Collected data
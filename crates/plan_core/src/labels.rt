// How participants are written, and how they are found by that.

ghost use Rattle.std.specs.Prelude.{◌≡◌, ◌≢◌, ℕ, List, ◌++◌, ◌<◌, ◌↔◌, codes, string_bytes, IsTrue, IfOk, MatchOption};
ghost use Rattle.plan_core.specs.Contents.{Contents};
ghost use Rattle.plan_core.specs.Labels.{label_of};
ghost use Rattle.plan_core.specs.Limits.{IsWithinLimits};
ghost use Rattle.plan_core.specs.Participants.{participant_count};

use crate::plans::{Participant, Plan};
use std::alloc::{AllocError, Global};

impl Plan {
    ghost use Rattle.plan_core.specs.PlanContents.{plan_contents};

    /// The label of the participant with this number: `controller/message` for a sending, and `!interrupt` for an
    /// interrupt.
    pub fn label(&self, alloc: Global, i: u32) -> Result<String, AllocError>
        requires { i < participant_count (plan_contents self.now) }
        ensures { IfOk result (λ label. string_bytes label ≡ label_of (plan_contents self.now) i) }
    {
        match self.participant(i) {
            Participant::Sending {
                controller,
                message,
            } => {
                let controller = self.controller_name(controller).as_str();
                let message = self.message_name(message).as_str();
                sending_label(alloc, controller, message)
            }
            Participant::Interrupt(k) => interrupt_label(alloc, self.interrupt_name(k).as_str()),
        }
    }

    /// The number of the participant with this label, or `None` where no participant has it.
    pub fn find(&self, label: &str) -> Option<u32>
        ensures { MatchOption result ((i : ℕ) → i < participant_count (plan_contents self.now) →
            label_of (plan_contents self.now) i ≢ label.now)
            (λ i. (i < participant_count (plan_contents self.now)) ×
            (label_of (plan_contents self.now) i ≡ label.now)) }
    {
        for i in 0..self.participants() {
            if self.has_label(i, label) {
                return Some(i);
            }
        }
        None
    }

    fn has_label(&self, i: u32, label: &str) -> bool
        requires { i < participant_count (plan_contents self.now) }
        ensures { IsTrue result ↔ (label_of (plan_contents self.now) i ≡ label.now) }
    {
        let label = label.as_bytes();
        match self.participant(i) {
            Participant::Sending {
                controller,
                message,
            } => {
                let controller = self.controller_name(controller).as_str();
                let message = self.message_name(message).as_str();
                is_sending_label(label, controller.as_bytes(), message.as_bytes())
            }
            Participant::Interrupt(k) => {
                let name = self.interrupt_name(k).as_str();
                is_interrupt_label(label, name.as_bytes())
            }
        }
    }
}

fn sending_label(alloc: Global, controller: &str, message: &str) -> Result<String, AllocError>
    ensures { IfOk result (λ label. string_bytes label ≡ controller.now ++ (codes "/" ++ message.now)) }
{
    format!(in alloc; "{controller}/{message}")
}

fn interrupt_label(alloc: Global, name: &str) -> Result<String, AllocError>
    ensures { IfOk result (λ label. string_bytes label ≡ codes "!" ++ name.now) }
{
    format!(in alloc; "!{name}")
}

fn is_sending_label(label: &[u8], controller: &[u8], message: &[u8]) -> bool
    ensures { IsTrue result ↔ (controller.now ++ (codes "/" ++ message.now) ≡ label.now) }
{
    match rest_after(label, controller) {
        Some(rest) => match rest_after(rest, "/".as_bytes()) {
            Some(rest) => rest == message,
            None => false,
        },
        None => false,
    }
}

fn is_interrupt_label(label: &[u8], name: &[u8]) -> bool
    ensures { IsTrue result ↔ (codes "!" ++ name.now ≡ label.now) }
{
    match rest_after(label, "!".as_bytes()) {
        Some(rest) => rest == name,
        None => false,
    }
}

// What stands after `front`, where the bytes begin with it.
fn rest_after<'a>(bytes: &'a [u8], front: &[u8]) -> Option<&'a [u8]>
    ensures { MatchOption result ((rest : List ℕ) → front.now ++ rest ≢ bytes.now)
        (λ rest. front.now ++ rest.now ≡ bytes.now) }
{
    bytes.strip_prefix(front)
}

/// No two participants of a plan have one label, so that `find` gives back the number that `label` was asked for. The
/// function does nothing, and its contract is the theorem.
pub fn labels_differ()
    ensures { (plan : Contents) → IsWithinLimits plan → (i j : ℕ) → i < participant_count plan →
        j < participant_count plan → label_of plan i ≡ label_of plan j → i ≡ j }
{}
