// What a participant of a plan sends.

use crate::plans::{Participant, Plan};
use message_tree::{Address, Frame};

/// What a participant sends after the START.
#[derive(Clone, Copy, Drop)]
pub enum Sends<'a> {
    /// A controller's message.
    Message(&'a Frame),
    /// The address of a target that interrupts: its seven bits are known. A 1 follows it, as in the header of a read.
    Interrupt(Address),
}

impl Plan {
    ghost use Rattle.std.specs.Prelude.{◌≡◌, ◌<◌, Some};
    ghost use Rattle.plan_core.specs.Participants.{participant_count, sender_at};
    ghost use Rattle.plan_core.specs.PlanContents.{plan_contents};
    ghost use Rattle.plan_core.specs.Senders.{what_is_sent};

    /// What participant `i` sends.
    pub fn sends(&self, i: u32) -> Sends<'_>
        requires { i < participant_count (plan_contents self.now) }
        ensures { sender_at (plan_contents self.now) i ≡ Some (what_is_sent result) }
    {
        match self.participant(i) {
            Participant::Sending { message, .. } => Sends::Message(self.message(message)),
            Participant::Interrupt(k) => {
                Sends::Interrupt(Address::new(0x7f, self.interrupt_address(k)))
            }
        }
    }
}
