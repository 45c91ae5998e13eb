// A place for what each two participants send.
#![tactic(auto, unfolding(crate::specs::SenderPlaces::place))]

ghost use Rattle.std.specs.Prelude.{◌≡◌, ℕ, ◌<◌, length, slice_get, Some};
ghost use Rattle.plan_core.specs.Pairs.{pairs_of};
ghost use Rattle.plan_core.specs.Participants.{participant_count};
ghost use Rattle.plan_core.specs.SenderPlaces.{sender_count, sender_number, place, place_count};

use crate::plans::{Participant, Plan};

impl Plan {
    ghost use Rattle.plan_core.specs.PlanContents.{plan_contents};

    /// The number of places: one for each two of the messages and interrupts.
    pub fn sender_places(&self) -> usize
        ensures { result ≡ place_count (plan_contents self.now) }
    {
        self.senders() * self.senders()
    }

    /// The place of what the two participants of pair `i` send. Pairs of the same senders have the same place.
    pub fn sender_place(&self, i: u32) -> usize
        requires { i < length (pairs_of (plan_contents self.now)) }
        ensures place { (x y : ℕ) → slice_get (pairs_of (plan_contents self.now)) i ≡ Some (x, y) →
            result ≡ place (plan_contents self.now) x y }
        ensures within { result < place_count (plan_contents self.now) }
    {
        let (x, y) = self.pair(i);
        self.sender(x) * self.senders() + self.sender(y)
    }

    // The number of the messages and interrupts.
    fn senders(&self) -> usize
        ensures value { result ≡ sender_count (plan_contents self.now) }
        ensures few { result < 512 }
    {
        self.messages() as usize + self.interrupts() as usize
    }

    // The number of what participant `p` sends: messages have theirs, and the interrupts are counted after them.
    fn sender(&self, p: u32) -> usize
        requires { p < participant_count (plan_contents self.now) }
        ensures value { result ≡ sender_number (plan_contents self.now) p }
        ensures within { result < sender_count (plan_contents self.now) }
    {
        match self.participant(p) {
            Participant::Sending { message, .. } => message as usize,
            Participant::Interrupt(k) => self.messages() as usize + k as usize,
        }
    }
}
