// The names of messages, controllers and interrupts.

ghost use Rattle.std.specs.Prelude.{◌≡◌, ◌↔◌, false, string_bytes, IsErrOf, IfOk};
ghost use Rattle.std.specs.List.{list_all};
ghost use Rattle.plan_core.specs.Names.{IsName, is_name, is_name_byte, is_reserved, begins_with_letter};

use std::alloc::Global;
use thiserror::Error;

/// A name in a plan: an ASCII letter, then ASCII letters, digits and `_`, 1 to 32 bytes in all, and none of the words
/// that the plan's text keeps for itself: `plan`, `message`, `controller`, `interrupt`, `write`, `read`, `again`,
/// `else`, `stop` and `never`.
#[derive(PartialEq, Eq, Hash, Drop)]
pub struct Name {
    text: String,
    pub ghost is_name: { IsName (string_bytes text) },
}

/// Why a text was not taken as a name.
#[derive(Clone, Copy, PartialEq, Eq, Debug, Drop, Error)]
pub enum NameError {
    /// The text has not the form of a name.
    #[error("not a name")]
    BadName,
    /// There is no memory for the name.
    #[error("out of memory")]
    NoMemory,
}

impl Name {
    ghost use Rattle.plan_core.specs.NameBytes.{name_bytes};

    /// The name that `text` spells. `NameError::BadName` is answered exactly where `text` has not the form of a name,
    /// and before memory is asked for.
    pub fn new(alloc: Global, text: &str) -> Result<Name, NameError>
        ensures name { IfOk result (λ name. name_bytes name ≡ text.now) }
        ensures bad_name { IsErrOf result NameError.BadName ↔ (is_name text.now ≡ false) }
    {
        if !is_name(text) {
            return Err(NameError::BadName);
        }
        match String::from_str(alloc, text) {
            Ok(text) => Ok(Name { text }),
            Err(_) => Err(NameError::NoMemory),
        }
    }

    /// The name's text.
    pub fn as_str(&self) -> &str
        ensures { result.now ≡ name_bytes self.now }
    {
        self.text.as_str()
    }
}

// Whether the text has the form of a name.
#[tactic(auto, unfolding(crate::specs::Names::is_name))]
fn is_name(text: &str) -> bool
    ensures { result ≡ is_name text.now }
{
    let bytes = text.as_bytes();
    begins_with_letter(bytes) && is_word(bytes) && bytes.len() <= 32 && !is_reserved(text)
}

fn is_word(bytes: &[u8]) -> bool
    ensures { result ≡ list_all is_name_byte bytes.now }
{
    bytes.iter().all(|byte| is_name_byte(*byte))
}

fn begins_with_letter(bytes: &[u8]) -> bool
    ensures { result ≡ begins_with_letter bytes.now }
{
    match bytes.first() {
        Some(byte) => byte.is_ascii_alphabetic(),
        None => false,
    }
}

fn is_name_byte(byte: u8) -> bool
    ensures { result ≡ is_name_byte byte }
{
    byte.is_ascii_alphanumeric() || byte == b'_'
}

fn is_reserved(text: &str) -> bool
    ensures { result ≡ is_reserved text.now }
{
    matches!(
        text,
        "plan"
            | "message"
            | "controller"
            | "interrupt"
            | "write"
            | "read"
            | "again"
            | "else"
            | "stop"
            | "never"
    )
}
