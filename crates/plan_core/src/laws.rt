// What holds of the runs of every plan. Each function is a law: it does nothing, and its contract is the theorem.

ghost use Rattle.std.specs.Prelude.{◌≡◌, ℕ, ◌<◌, ◌≤◌, ◌↔◌, Bool, List, length};
ghost use Rattle.message_tree.specs.declared.items.Item.{Item};
ghost use Rattle.message_tree.specs.declared.items.Item.TheVariants.{Heard};
ghost use Rattle.message_tree.specs.declared.items.Kind.{Kind};
ghost use Rattle.plan_core.specs.Contents.{Contents};
ghost use Rattle.plan_core.specs.Lawful.{Set, In, IsLawful, pair, IsPair};
ghost use Rattle.plan_core.specs.Participants.{IsInterrupt};
ghost use Rattle.plan_core.specs.Rounds.{Follows, Offers, IsRound, NoClash};
ghost use Rattle.plan_core.specs.Runs.{Reaches, IsReached, HasEnded, Whole};
ghost use Rattle.plan_core.specs.Faults.{Fault, IsFaulty, IsSafe};
ghost use Rattle.plan_core.specs.Laws.{SendsItsMessages, HasShortMessages, NoClaim, BothLive, MayClash, HasNext, HasOneWire};

/// Who is live after the wire `u` has a text that begins with `u`. Two participants who both have such a text are both
/// live there when they start alone, unless a claim is in `u`, since two claims clash; one alone always is.
pub fn live_participants_follow()
    ensures followed { (plan : Contents) (s live : Set) (u : List Item) (p : ℕ) →
        SendsItsMessages plan → IsReached plan s u live → In p live → Follows plan p u }
    ensures both { (plan : Contents) (x y : ℕ) (u : List Item) →
        NoClaim u → Follows plan x u → Follows plan y u → BothLive plan x y u }
    ensures alone { (plan : Contents) (p : ℕ) (u : List Item) → Follows plan p u → BothLive plan p p u }
{}

/// Pairs suffice: a fault of any lawful set is the fault of two of its participants alone, at the same wire; a plan is
/// safe exactly where none of its pairs is faulty; and a pair is faulty exactly where, after some wire, the two may put
/// items that must not meet.
pub fn pairs_suffice()
    ensures fault { (plan : Contents) (s : Set) (u : List Item) (x y : ℕ) (j k : Kind) →
        IsLawful plan s → Fault plan s u x y j k → IsPair plan x y × Fault plan (pair x y) u x y j k }
    ensures safe { (plan : Contents) →
        (IsSafe plan ↔ ((x y : ℕ) → IsPair plan x y → IsFaulty plan (pair x y) → ⊥)) }
    ensures clash { (plan : Contents) (x y : ℕ) (u : List Item) (j k : Kind) →
        x < y → (Fault plan (pair x y) u x y j k ↔ MayClash plan x y u j k) }
{}

/// Runs are what they should be, in every plan: somebody is live in each state that a lawful set reaches; the wire of a
/// round without a clash shows exactly one item; no run is longer than 2,560 slots; and where a run has ended, each live
/// participant stands whole on the wire.
pub fn runs_are_sound()
    ensures live { (plan : Contents) (s live : Set) (u : List Item) →
        IsReached plan s u live → (p : ℕ) × In p live }
    ensures wire { (plan : Contents) (s live : Set) (u : List Item) (put : ℕ → Item) →
        IsReached plan s u live → IsRound plan u live put → NoClash live put → HasOneWire live put }
    ensures bound { (plan : Contents) (s live : Set) (u : List Item) →
        HasShortMessages plan → IsReached plan s u live → length u ≤ 2560 }
    ensures whole { (plan : Contents) (s live : Set) (u : List Item) (p : ℕ) →
        Reaches plan s u live → HasEnded u → In p live → Whole plan p u }
{}

/// In a safe plan each run goes on until it has ended: no round of the live participants clashes, there is a next slot,
/// and where one of them may hear a bit, all may, and the targets may send either. An interrupt that has sent its whole
/// header is live alone: neither a controller nor another interrupt shares it.
pub fn safe_plans_go_on()
    ensures clash { (plan : Contents) (s live : Set) (u : List Item) (put : ℕ → Item) →
        IsSafe plan → IsReached plan s u live → IsRound plan u live put → NoClash live put }
    ensures next { (plan : Contents) (s live : Set) (u : List Item) →
        SendsItsMessages plan → IsSafe plan → IsReached plan s u live → (HasEnded u → ⊥) → HasNext plan u live }
    ensures answers { (plan : Contents) (s live : Set) (u : List Item) (p : ℕ) (b c : Bool) →
        SendsItsMessages plan → IsSafe plan → IsReached plan s u live → In p live → Offers plan p u (Heard b) →
        IsRound plan u live (λ _. Heard c) }
    ensures header { (plan : Contents) (s live : Set) (u : List Item) (p q : ℕ) →
        IsSafe plan → IsReached plan s u live → length u ≡ 8 → IsInterrupt plan p → In p live → In q live → q ≡ p }
{}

● **TASK DESCRIPTION**
Above are the records; copy exactly the lines from the line with "participant has it." through the line with "(plan_contents self.now) →", both included.

● **PROBLEM SOLUTION**
    /// The number of the participant with this label, or `None` where no participant has it.
    pub fn find(&self, label: &str) -> Option<u32>
        ensures { MatchOption result ((i : ℕ) → i < participant_count (plan_contents self.now) →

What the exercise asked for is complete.